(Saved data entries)
:::
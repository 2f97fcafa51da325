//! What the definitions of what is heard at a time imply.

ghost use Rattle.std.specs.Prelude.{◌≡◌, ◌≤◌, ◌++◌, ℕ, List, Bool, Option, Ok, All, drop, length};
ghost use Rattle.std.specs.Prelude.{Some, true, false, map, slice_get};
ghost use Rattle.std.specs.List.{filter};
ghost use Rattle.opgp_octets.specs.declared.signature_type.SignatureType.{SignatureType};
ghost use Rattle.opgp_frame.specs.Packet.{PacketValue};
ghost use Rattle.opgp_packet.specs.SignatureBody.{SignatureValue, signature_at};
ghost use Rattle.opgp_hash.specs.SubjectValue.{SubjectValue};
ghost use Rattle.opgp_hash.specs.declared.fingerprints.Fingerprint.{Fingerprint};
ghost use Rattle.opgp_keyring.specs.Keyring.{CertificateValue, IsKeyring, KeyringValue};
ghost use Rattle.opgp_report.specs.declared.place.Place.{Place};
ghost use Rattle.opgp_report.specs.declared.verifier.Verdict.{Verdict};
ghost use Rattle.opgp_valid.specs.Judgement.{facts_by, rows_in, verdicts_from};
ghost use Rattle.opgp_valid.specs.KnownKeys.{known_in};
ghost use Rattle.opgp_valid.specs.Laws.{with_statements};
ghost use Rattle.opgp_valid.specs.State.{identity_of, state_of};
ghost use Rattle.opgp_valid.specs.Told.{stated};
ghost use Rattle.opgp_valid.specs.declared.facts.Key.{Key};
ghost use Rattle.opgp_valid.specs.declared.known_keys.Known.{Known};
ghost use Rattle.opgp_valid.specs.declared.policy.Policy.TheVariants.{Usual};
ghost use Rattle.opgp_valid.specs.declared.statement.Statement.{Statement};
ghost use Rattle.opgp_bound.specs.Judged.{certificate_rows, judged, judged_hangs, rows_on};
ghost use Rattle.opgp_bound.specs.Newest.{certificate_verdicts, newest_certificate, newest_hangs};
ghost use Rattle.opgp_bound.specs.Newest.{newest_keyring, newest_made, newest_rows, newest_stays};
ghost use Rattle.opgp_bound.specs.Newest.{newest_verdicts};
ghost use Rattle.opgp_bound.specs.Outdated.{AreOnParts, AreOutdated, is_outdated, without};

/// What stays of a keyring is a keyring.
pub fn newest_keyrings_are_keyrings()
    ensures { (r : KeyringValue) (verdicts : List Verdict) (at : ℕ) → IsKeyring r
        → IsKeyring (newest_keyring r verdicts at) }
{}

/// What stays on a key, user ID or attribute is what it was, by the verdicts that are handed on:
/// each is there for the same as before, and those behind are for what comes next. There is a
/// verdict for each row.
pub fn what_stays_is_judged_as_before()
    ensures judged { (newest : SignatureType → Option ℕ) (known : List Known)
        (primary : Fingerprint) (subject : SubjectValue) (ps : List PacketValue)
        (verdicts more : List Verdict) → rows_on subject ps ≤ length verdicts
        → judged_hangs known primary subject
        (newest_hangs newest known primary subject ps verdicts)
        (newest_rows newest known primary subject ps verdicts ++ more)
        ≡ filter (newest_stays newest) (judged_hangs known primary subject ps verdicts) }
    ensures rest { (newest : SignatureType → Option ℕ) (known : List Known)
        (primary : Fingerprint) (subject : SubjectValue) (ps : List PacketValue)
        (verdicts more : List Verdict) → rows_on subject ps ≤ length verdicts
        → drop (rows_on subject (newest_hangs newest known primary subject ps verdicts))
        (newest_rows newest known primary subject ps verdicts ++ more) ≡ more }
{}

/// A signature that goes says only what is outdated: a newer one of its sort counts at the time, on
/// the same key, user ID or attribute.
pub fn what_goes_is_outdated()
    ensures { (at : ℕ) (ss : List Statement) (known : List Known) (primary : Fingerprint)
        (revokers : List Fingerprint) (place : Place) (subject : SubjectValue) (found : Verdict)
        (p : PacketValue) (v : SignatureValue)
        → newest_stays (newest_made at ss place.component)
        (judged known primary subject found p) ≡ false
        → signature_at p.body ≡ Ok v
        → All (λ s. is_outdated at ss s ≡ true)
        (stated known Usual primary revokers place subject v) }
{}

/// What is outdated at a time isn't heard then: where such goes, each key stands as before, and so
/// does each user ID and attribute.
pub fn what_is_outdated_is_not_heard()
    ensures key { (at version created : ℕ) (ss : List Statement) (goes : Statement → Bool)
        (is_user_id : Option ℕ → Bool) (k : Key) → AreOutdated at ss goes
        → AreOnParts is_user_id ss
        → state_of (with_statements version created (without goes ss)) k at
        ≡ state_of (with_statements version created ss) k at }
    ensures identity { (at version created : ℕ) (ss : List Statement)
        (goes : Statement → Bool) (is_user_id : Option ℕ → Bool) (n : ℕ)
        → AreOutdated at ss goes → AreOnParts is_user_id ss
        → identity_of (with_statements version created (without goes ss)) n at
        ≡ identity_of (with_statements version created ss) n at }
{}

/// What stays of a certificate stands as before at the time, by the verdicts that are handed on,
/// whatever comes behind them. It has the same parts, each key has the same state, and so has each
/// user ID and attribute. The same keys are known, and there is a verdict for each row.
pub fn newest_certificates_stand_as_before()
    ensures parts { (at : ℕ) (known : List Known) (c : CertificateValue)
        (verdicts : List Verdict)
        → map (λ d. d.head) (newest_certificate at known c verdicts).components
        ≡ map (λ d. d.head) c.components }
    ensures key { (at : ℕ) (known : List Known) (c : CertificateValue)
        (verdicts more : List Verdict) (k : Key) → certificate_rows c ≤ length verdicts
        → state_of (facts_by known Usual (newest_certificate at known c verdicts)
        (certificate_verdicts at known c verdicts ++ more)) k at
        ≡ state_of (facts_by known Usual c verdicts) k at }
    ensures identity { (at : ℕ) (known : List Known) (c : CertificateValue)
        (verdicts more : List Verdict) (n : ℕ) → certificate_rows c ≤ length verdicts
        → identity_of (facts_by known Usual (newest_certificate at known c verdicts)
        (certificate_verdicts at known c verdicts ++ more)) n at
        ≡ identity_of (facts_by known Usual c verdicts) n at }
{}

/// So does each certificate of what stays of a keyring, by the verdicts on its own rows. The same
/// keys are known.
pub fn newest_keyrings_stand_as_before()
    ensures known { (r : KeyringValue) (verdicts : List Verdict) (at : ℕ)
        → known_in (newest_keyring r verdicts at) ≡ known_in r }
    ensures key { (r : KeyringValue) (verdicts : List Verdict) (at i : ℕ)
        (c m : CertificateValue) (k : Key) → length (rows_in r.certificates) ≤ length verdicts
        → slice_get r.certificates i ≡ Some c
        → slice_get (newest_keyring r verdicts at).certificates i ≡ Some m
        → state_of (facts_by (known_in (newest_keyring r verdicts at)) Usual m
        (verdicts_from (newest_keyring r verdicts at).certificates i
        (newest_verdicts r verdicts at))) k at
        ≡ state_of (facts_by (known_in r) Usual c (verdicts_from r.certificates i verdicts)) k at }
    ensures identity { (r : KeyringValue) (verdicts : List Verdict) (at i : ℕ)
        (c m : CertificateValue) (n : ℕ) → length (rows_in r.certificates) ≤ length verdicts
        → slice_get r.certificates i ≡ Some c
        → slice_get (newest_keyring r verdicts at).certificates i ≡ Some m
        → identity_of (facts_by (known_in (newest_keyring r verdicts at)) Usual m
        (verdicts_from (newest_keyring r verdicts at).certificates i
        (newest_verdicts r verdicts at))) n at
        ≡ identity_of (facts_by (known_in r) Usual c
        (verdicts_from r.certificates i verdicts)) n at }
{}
:::
▶ _What you need to do_:
For this exercise, gather every line of the data that contains the word "without".

▶ _Finished exercise_:
ghost use Rattle.opgp_bound.specs.Outdated.{AreOnParts, AreOutdated, is_outdated, without};
        → state_of (with_statements version created (without goes ss)) k at
        → identity_of (with_statements version created (without goes ss)) n at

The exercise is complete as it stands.